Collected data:
........

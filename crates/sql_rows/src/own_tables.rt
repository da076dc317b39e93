//! The tables that one service has, as they are made.

ghost use Rattle.std.specs.Prelude.{◌≡◌, OnOk, IsTrue, [], ◌∷◌, ◌++◌};
ghost use Rattle.sqlite.specs.Held.{state};
ghost use Rattle.sqlite.specs.State.{HasCleanDisk};
ghost use Rattle.sql_rows.specs.Schema.{AreMade, IsUnderWay, Makes, common_tables, order_heads, order_lines, stocks};
ghost use Rattle.sql_rows.specs.Schema.{stock_lines, accounts, account_lines, own_tables};

use crate::service::Service;
use crate::statements::write;
use sqlite::{Alter, Error, Transaction};

/// Makes the table of the heads of orders.
fn create_order_heads<S: Alter>(tx: &mut Transaction<'_, S>) -> Result<usize, Error>
    requires made { HasCleanDisk (state S.Store tx.old.conn.now)
        → AreMade common_tables (state S.Store tx.old.conn.now).now }
    requires inside { HasCleanDisk (state S.Store tx.old.conn.now)
        → IsTrue (state S.Store tx.old.conn.now).in_transaction }
    ensures same_reference { tx.new.conn.ghost_name ≡ tx.old.conn.ghost_name }
    ensures ok { HasCleanDisk (state S.Store tx.new.conn.now)
        → OnOk result (Makes (common_tables ++ order_heads ∷ [])
        (state S.Store tx.old.conn.now) (state S.Store tx.new.conn.now)) }
    ensures on { IsUnderWay (state S.Store tx.old.conn.now) (state S.Store tx.new.conn.now) }
{
    write(
        tx,
        "CREATE TABLE order_heads (key TEXT NOT NULL, account TEXT NOT NULL, \
         amount INTEGER NOT NULL, status TEXT NOT NULL, account_phase TEXT NOT NULL, \
         PRIMARY KEY (key)) STRICT",
        &[],
    )
}

/// Makes the table of the lines of orders.
fn create_order_lines<S: Alter>(tx: &mut Transaction<'_, S>) -> Result<usize, Error>
    requires made { HasCleanDisk (state S.Store tx.old.conn.now)
        → AreMade (common_tables ++ order_heads ∷ []) (state S.Store tx.old.conn.now).now }
    requires inside { HasCleanDisk (state S.Store tx.old.conn.now)
        → IsTrue (state S.Store tx.old.conn.now).in_transaction }
    ensures same_reference { tx.new.conn.ghost_name ≡ tx.old.conn.ghost_name }
    ensures ok { HasCleanDisk (state S.Store tx.new.conn.now)
        → OnOk result (Makes (common_tables ++ order_heads ∷ order_lines ∷ [])
        (state S.Store tx.old.conn.now) (state S.Store tx.new.conn.now)) }
    ensures on { IsUnderWay (state S.Store tx.old.conn.now) (state S.Store tx.new.conn.now) }
{
    // The checks say what an order is: one to eight lines, each of another stock.
    write(
        tx,
        "CREATE TABLE order_lines (order_key TEXT NOT NULL REFERENCES order_heads (key), \
         line INTEGER NOT NULL CHECK (line >= 1 AND line <= 8), stock TEXT NOT NULL, \
         n INTEGER NOT NULL, phase TEXT NOT NULL, PRIMARY KEY (order_key, line), \
         UNIQUE (order_key, stock)) STRICT",
        &[],
    )
}

/// Makes the two tables of purchasing.
#[tactic(auto, using(crate::proofs::Creates::then_makes, crate::proofs::Creates::then_goes_on))]
fn create_orders<S: Alter>(tx: &mut Transaction<'_, S>) -> Result<usize, Error>
    requires made { HasCleanDisk (state S.Store tx.old.conn.now)
        → AreMade common_tables (state S.Store tx.old.conn.now).now }
    requires inside { HasCleanDisk (state S.Store tx.old.conn.now)
        → IsTrue (state S.Store tx.old.conn.now).in_transaction }
    ensures same_reference { tx.new.conn.ghost_name ≡ tx.old.conn.ghost_name }
    ensures ok { HasCleanDisk (state S.Store tx.new.conn.now)
        → OnOk result (Makes (common_tables ++ order_heads ∷ order_lines ∷ [])
        (state S.Store tx.old.conn.now) (state S.Store tx.new.conn.now)) }
    ensures on { IsUnderWay (state S.Store tx.old.conn.now) (state S.Store tx.new.conn.now) }
{
    // Heads first, for each service: the lines refer to them.
    create_order_heads(tx)?;
    create_order_lines(tx)
}

/// Makes the table of stocks.
fn create_stock_heads<S: Alter>(tx: &mut Transaction<'_, S>) -> Result<usize, Error>
    requires made { HasCleanDisk (state S.Store tx.old.conn.now)
        → AreMade common_tables (state S.Store tx.old.conn.now).now }
    requires inside { HasCleanDisk (state S.Store tx.old.conn.now)
        → IsTrue (state S.Store tx.old.conn.now).in_transaction }
    ensures same_reference { tx.new.conn.ghost_name ≡ tx.old.conn.ghost_name }
    ensures ok { HasCleanDisk (state S.Store tx.new.conn.now)
        → OnOk result (Makes (common_tables ++ stocks ∷ [])
        (state S.Store tx.old.conn.now) (state S.Store tx.new.conn.now)) }
    ensures on { IsUnderWay (state S.Store tx.old.conn.now) (state S.Store tx.new.conn.now) }
{
    write(
        tx,
        "CREATE TABLE stocks (key TEXT NOT NULL, on_hand INTEGER NOT NULL, held INTEGER NOT NULL, \
         shipped INTEGER NOT NULL, received INTEGER NOT NULL, PRIMARY KEY (key)) STRICT",
        &[],
    )
}

/// Makes the table of the lines at stocks.
fn create_stock_lines<S: Alter>(tx: &mut Transaction<'_, S>) -> Result<usize, Error>
    requires made { HasCleanDisk (state S.Store tx.old.conn.now)
        → AreMade (common_tables ++ stocks ∷ []) (state S.Store tx.old.conn.now).now }
    requires inside { HasCleanDisk (state S.Store tx.old.conn.now)
        → IsTrue (state S.Store tx.old.conn.now).in_transaction }
    ensures same_reference { tx.new.conn.ghost_name ≡ tx.old.conn.ghost_name }
    ensures ok { HasCleanDisk (state S.Store tx.new.conn.now)
        → OnOk result (Makes (common_tables ++ stocks ∷ stock_lines ∷ [])
        (state S.Store tx.old.conn.now) (state S.Store tx.new.conn.now)) }
    ensures on { IsUnderWay (state S.Store tx.old.conn.now) (state S.Store tx.new.conn.now) }
{
    // An order has one line at a stock, by which a redelivered request is known: the key keeps a second one out.
    write(
        tx,
        "CREATE TABLE stock_lines (stock TEXT NOT NULL REFERENCES stocks (key), order_key TEXT NOT NULL, \
         n INTEGER NOT NULL, phase TEXT NOT NULL, PRIMARY KEY (stock, order_key)) STRICT",
        &[],
    )
}

/// Makes the two tables of a warehouse.
#[tactic(auto, using(crate::proofs::Creates::then_makes, crate::proofs::Creates::then_goes_on))]
fn create_stocks<S: Alter>(tx: &mut Transaction<'_, S>) -> Result<usize, Error>
    requires made { HasCleanDisk (state S.Store tx.old.conn.now)
        → AreMade common_tables (state S.Store tx.old.conn.now).now }
    requires inside { HasCleanDisk (state S.Store tx.old.conn.now)
        → IsTrue (state S.Store tx.old.conn.now).in_transaction }
    ensures same_reference { tx.new.conn.ghost_name ≡ tx.old.conn.ghost_name }
    ensures ok { HasCleanDisk (state S.Store tx.new.conn.now)
        → OnOk result (Makes (common_tables ++ stocks ∷ stock_lines ∷ [])
        (state S.Store tx.old.conn.now) (state S.Store tx.new.conn.now)) }
    ensures on { IsUnderWay (state S.Store tx.old.conn.now) (state S.Store tx.new.conn.now) }
{
    create_stock_heads(tx)?;
    create_stock_lines(tx)
}

/// Makes the table of accounts.
fn create_account_heads<S: Alter>(tx: &mut Transaction<'_, S>) -> Result<usize, Error>
    requires made { HasCleanDisk (state S.Store tx.old.conn.now)
        → AreMade common_tables (state S.Store tx.old.conn.now).now }
    requires inside { HasCleanDisk (state S.Store tx.old.conn.now)
        → IsTrue (state S.Store tx.old.conn.now).in_transaction }
    ensures same_reference { tx.new.conn.ghost_name ≡ tx.old.conn.ghost_name }
    ensures ok { HasCleanDisk (state S.Store tx.new.conn.now)
        → OnOk result (Makes (common_tables ++ accounts ∷ [])
        (state S.Store tx.old.conn.now) (state S.Store tx.new.conn.now)) }
    ensures on { IsUnderWay (state S.Store tx.old.conn.now) (state S.Store tx.new.conn.now) }
{
    write(
        tx,
        "CREATE TABLE accounts (key TEXT NOT NULL, limit_now INTEGER NOT NULL, \
         billed INTEGER NOT NULL, held INTEGER NOT NULL, PRIMARY KEY (key)) STRICT",
        &[],
    )
}

/// Makes the table of the lines at accounts.
fn create_account_lines<S: Alter>(tx: &mut Transaction<'_, S>) -> Result<usize, Error>
    requires made { HasCleanDisk (state S.Store tx.old.conn.now)
        → AreMade (common_tables ++ accounts ∷ []) (state S.Store tx.old.conn.now).now }
    requires inside { HasCleanDisk (state S.Store tx.old.conn.now)
        → IsTrue (state S.Store tx.old.conn.now).in_transaction }
    ensures same_reference { tx.new.conn.ghost_name ≡ tx.old.conn.ghost_name }
    ensures ok { HasCleanDisk (state S.Store tx.new.conn.now)
        → OnOk result (Makes (common_tables ++ accounts ∷ account_lines ∷ [])
        (state S.Store tx.old.conn.now) (state S.Store tx.new.conn.now)) }
    ensures on { IsUnderWay (state S.Store tx.old.conn.now) (state S.Store tx.new.conn.now) }
{
    write(
        tx,
        "CREATE TABLE account_lines (account TEXT NOT NULL REFERENCES accounts (key), order_key TEXT NOT NULL, \
         n INTEGER NOT NULL, phase TEXT NOT NULL, PRIMARY KEY (account, order_key)) STRICT",
        &[],
    )
}

/// Makes the two tables of billing.
#[tactic(auto, using(crate::proofs::Creates::then_makes, crate::proofs::Creates::then_goes_on))]
fn create_accounts<S: Alter>(tx: &mut Transaction<'_, S>) -> Result<usize, Error>
    requires made { HasCleanDisk (state S.Store tx.old.conn.now)
        → AreMade common_tables (state S.Store tx.old.conn.now).now }
    requires inside { HasCleanDisk (state S.Store tx.old.conn.now)
        → IsTrue (state S.Store tx.old.conn.now).in_transaction }
    ensures same_reference { tx.new.conn.ghost_name ≡ tx.old.conn.ghost_name }
    ensures ok { HasCleanDisk (state S.Store tx.new.conn.now)
        → OnOk result (Makes (common_tables ++ accounts ∷ account_lines ∷ [])
        (state S.Store tx.old.conn.now) (state S.Store tx.new.conn.now)) }
    ensures on { IsUnderWay (state S.Store tx.old.conn.now) (state S.Store tx.new.conn.now) }
{
    create_account_heads(tx)?;
    create_account_lines(tx)
}

/// Makes the two tables that this service has.
pub fn create_own<S: Alter>(tx: &mut Transaction<'_, S>, service: Service) -> Result<usize, Error>
    requires made { HasCleanDisk (state S.Store tx.old.conn.now)
        → AreMade common_tables (state S.Store tx.old.conn.now).now }
    requires inside { HasCleanDisk (state S.Store tx.old.conn.now)
        → IsTrue (state S.Store tx.old.conn.now).in_transaction }
    ensures same_reference { tx.new.conn.ghost_name ≡ tx.old.conn.ghost_name }
    ensures ok { HasCleanDisk (state S.Store tx.new.conn.now)
        → OnOk result (Makes (common_tables ++ own_tables service)
        (state S.Store tx.old.conn.now) (state S.Store tx.new.conn.now)) }
    ensures on { IsUnderWay (state S.Store tx.old.conn.now) (state S.Store tx.new.conn.now) }
{
    match service {
        Service::Purchasing => create_orders(tx),
        Service::Warehouse => create_stocks(tx),
        Service::Billing => create_accounts(tx),
    }
}
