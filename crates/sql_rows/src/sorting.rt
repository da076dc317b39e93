//! A connection whose rows are known to be in order.

ghost use Rattle.std.specs.Prelude.{◌≡◌, ◌≤◌, false, IfOk};
ghost use Rattle.std.specs.List.{AllByRecursion};
ghost use Rattle.sqlite.specs.Held.{state};
ghost use Rattle.sqlite.specs.State.{HasCleanDisk, IsLive, Opens};
ghost use Rattle.sqlite_trees.specs.View.{doubt};
ghost use Rattle.sql_rows.specs.Tables.{IsRising};

use sqlite::{Alter, Connection, Error, ErrorCode};
use sqlite_trees::store::Store;
use std::alloc::Global;

/// The connection over the same store, with what was committed, whose rows are known to be in order: the rowids of each
/// table rise. An open finds them so and doesn't tell; here each row is tested once more.
pub fn with_sorted_rows<S: Alter + Drop>(
    alloc: Global,
    conn: Connection<S>,
) -> Result<Connection<S>, (Error, S)>
    ensures opens { IfOk result (λ c. HasCleanDisk (state S.Store c)
        → Opens (state S.Store c) × IsLive (state S.Store c)) }
    ensures rising { IfOk result (λ c. HasCleanDisk (state S.Store c)
        → AllByRecursion (λ t. IsRising ((state S.Store c).now.trees t.tree)) (state S.Store c).now.schema.tables) }
    ensures same { IfOk result (λ c. HasCleanDisk (state S.Store c)
        → (state S.Store c).now.trees ≡ (state S.Store conn).committed.trees) }
    ensures autocommit { IfOk result (λ c. c.in_transaction ≡ false) }
    ensures clean { IfOk result (λ c. doubt (state S.Store conn).is_clean ≤ doubt (state S.Store c).is_clean) }
{
    // Taken apart and made again: that rowids rise is stated of a store, and not of a connection.
    let store = conn.into_store();
    // Nothing can be made over a broken store: the caller gets it back.
    if store.is_broken() {
        return Err((Error::SqliteFailure(ErrorCode::Closed), store));
    }
    Connection::over(alloc, store)
}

........

List all lines from the entries that include the word "filename".

filename crates/sql_rows/src/own_tables.rt
filename crates/sql_rows/src/sorting.rt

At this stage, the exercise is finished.